Physicists at Radbod University in the Netherlands have shown that Stephen Hawking was right about black holes eventually disappearing through evaporation, but the event horizon is not as important in this process as previously thought. Gravity and the curvature of space-time itself also produce Hawking radiation, which evaporates all sufficiently massive objects in the universe. This is reported in an article published in the arXiv preprint repository.

According to Hawking, pairs of virtual particles and antiparticles are spontaneously born and annihilate near the event horizon. Sometimes one particle from a pair falls below the event horizon, as a result of which the pair ceases to be virtual, and the other particle can fly away, forming radiation. According to the law of conservation of mass, radiation causes a black hole to lose mass (evaporate). In the new work, it was shown that the event horizon is not necessary for particle generation.

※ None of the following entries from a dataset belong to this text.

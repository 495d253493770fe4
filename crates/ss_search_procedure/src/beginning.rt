// The begin of a path.

ghost use Rattle.std.specs.Prelude.{◌≡◌, [], List, length, map, IfOk, OnOk};
ghost use Rattle.ss_core.specs.Tree.{ClassTree};
ghost use Rattle.ss_logic.specs.Formulas.{Formula};
ghost use Rattle.ss_logic_means.specs.Origins.{chosen_by, AreAccepted};
ghost use Rattle.ss_terms.specs.Forms.{formula_at, formulas_at, HasFormula};
ghost use Rattle.ss_search_path.specs.Paths.{known_on, IsPath, GoesOn};
ghost use Rattle.ss_search_path.specs.Standing.{choices_in, IsGiven, AreChosen, AreStanding};
ghost use Rattle.ss_search_procedure.specs.Starting.{IsGround};

use crate::stating::{Shown, stand};
use ss_search_path::{Given, Path, Standing};
use ss_terms::FormulaId;
use std::alloc::AllocError;

/// The begin of a path, and how each formula of the ground form stands in it.
#[derive(Drop)]
pub struct Begun {
    /// The path.
    pub path: Path,
    /// How each formula stands.
    pub standings: Vec<Standing>,
}

// What the choices make known is known, in their order.
fn choose(given: &Given<'_>, path: &mut Path, chosen: &[FormulaId]) -> Result<(), AllocError>
    requires given { IsGiven given.now }
    requires chosen { formulas_at given.now.bank.now chosen.now ≡ map chosen_by (choices_in given.now) }
    requires empty { path.old.known.items ≡ [] }
    ensures known { OnOk result (known_on given.now.bank.now path.new ≡ map chosen_by (choices_in given.now)) }
    ensures goes_on { OnOk result ((cs : List ClassTree) (premises : List Formula) (goal : Formula) → AreAccepted cs premises goal (choices_in given.now) → GoesOn cs premises goal given.now.bank.now path.old path.new) }
{
    for i in 0..given.choices.len() {
        let choice = &given.choices[i];
        let constants = Vec::from_slice(given.alloc, &choice.constants)?;
        path.choice(given.bank, choice.whole, constants, chosen[i])?;
    }
    Ok(())
}

// How each formula of the ground form stands, with the lines that it needs.
fn stand_all(
    given: &Given<'_>,
    path: &mut Path,
    shown: &Shown<'_>,
    formulas: &[FormulaId],
) -> Result<Vec<Standing>, AllocError>
    requires given { IsGiven given.now }
    requires goal { HasFormula given.now.bank.now shown.now.goal }
    requires count { length given.now.origins.now ≡ length formulas.now }
    ensures long { IfOk result (λ v. length v.items ≡ length formulas.now) }
    ensures goes_on { OnOk result ((cs : List ClassTree) → IsGround cs (formulas_at given.now.bank.now shown.now.premises.now) (formula_at given.now.bank.now shown.now.goal) given.now (formulas_at given.now.bank.now formulas.now) → AreChosen cs given.now (known_on given.now.bank.now path.old) → GoesOn cs (formulas_at given.now.bank.now shown.now.premises.now) (formula_at given.now.bank.now shown.now.goal) given.now.bank.now path.old path.new) }
    ensures standing { IfOk result (λ v. (cs : List ClassTree) → IsGround cs (formulas_at given.now.bank.now shown.now.premises.now) (formula_at given.now.bank.now shown.now.goal) given.now (formulas_at given.now.bank.now formulas.now) → AreChosen cs given.now (known_on given.now.bank.now path.old) → AreStanding cs given.now (known_on given.now.bank.now path.new) (formulas_at given.now.bank.now formulas.now) v.items) }
{
    let mut standings = Vec::new(given.alloc);
    for k in 0..formulas.len() {
        let standing = stand(given, path, shown, k, formulas[k])?;
        standings.push(standing)?;
    }
    Ok(standings)
}

/// A path that makes the choices, and what the formulas of the ground form come from. With it, how each of them stands there. An error is
/// want of memory.
pub fn start(
    given: &Given<'_>,
    chosen: &[FormulaId],
    premises: &[FormulaId],
    goal: FormulaId,
    formulas: &[FormulaId],
) -> Result<Begun, AllocError>
    requires given { IsGiven given.now }
    requires chosen { formulas_at given.now.bank.now chosen.now ≡ map chosen_by (choices_in given.now) }
    requires goal { HasFormula given.now.bank.now goal }
    requires count { length given.now.origins.now ≡ length formulas.now }
    ensures long { IfOk result (λ s. length s.standings.items ≡ length formulas.now) }
    ensures path { IfOk result (λ s. (cs : List ClassTree) → IsGround cs (formulas_at given.now.bank.now premises.now) (formula_at given.now.bank.now goal) given.now (formulas_at given.now.bank.now formulas.now) → IsPath cs (formulas_at given.now.bank.now premises.now) (formula_at given.now.bank.now goal) given.now.bank.now [] s.path) }
    ensures standing { IfOk result (λ s. (cs : List ClassTree) → IsGround cs (formulas_at given.now.bank.now premises.now) (formula_at given.now.bank.now goal) given.now (formulas_at given.now.bank.now formulas.now) → AreStanding cs given.now (known_on given.now.bank.now s.path) (formulas_at given.now.bank.now formulas.now) s.standings.items) }
{
    let mut path = Path::new(given.alloc);
    choose(given, &mut path, chosen)?;
    let shown = Shown { premises, goal };
    let standings = stand_all(given, &mut path, &shown, formulas)?;
    Ok(Begun { path, standings })
}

It was previously believed that Hawking radiation was impossible without an event horizon, but the very curvature of space-time created by a body of large mass plays a large role in the generation of particles that are separated by the tidal forces of the gravitational field. Since any large objects, such as the remnants of evolved stars, have enough mass to create the curvature of space-time, they also evaporate, as well as the Universe itself, which changes the view of its distant future.

Scientists note that this phenomenon should not give rise to an information paradox, according to which information about the state of particles in the composition of a space object is lost when it evaporates. To prove the conservation of information, further theoretical studies are needed regarding the entropy of the object and the thermal nature of the radiation. It has been previously shown that information in black holes should not really be lost, but no explanation has yet been proposed for how information can escape from a black hole when it evaporates.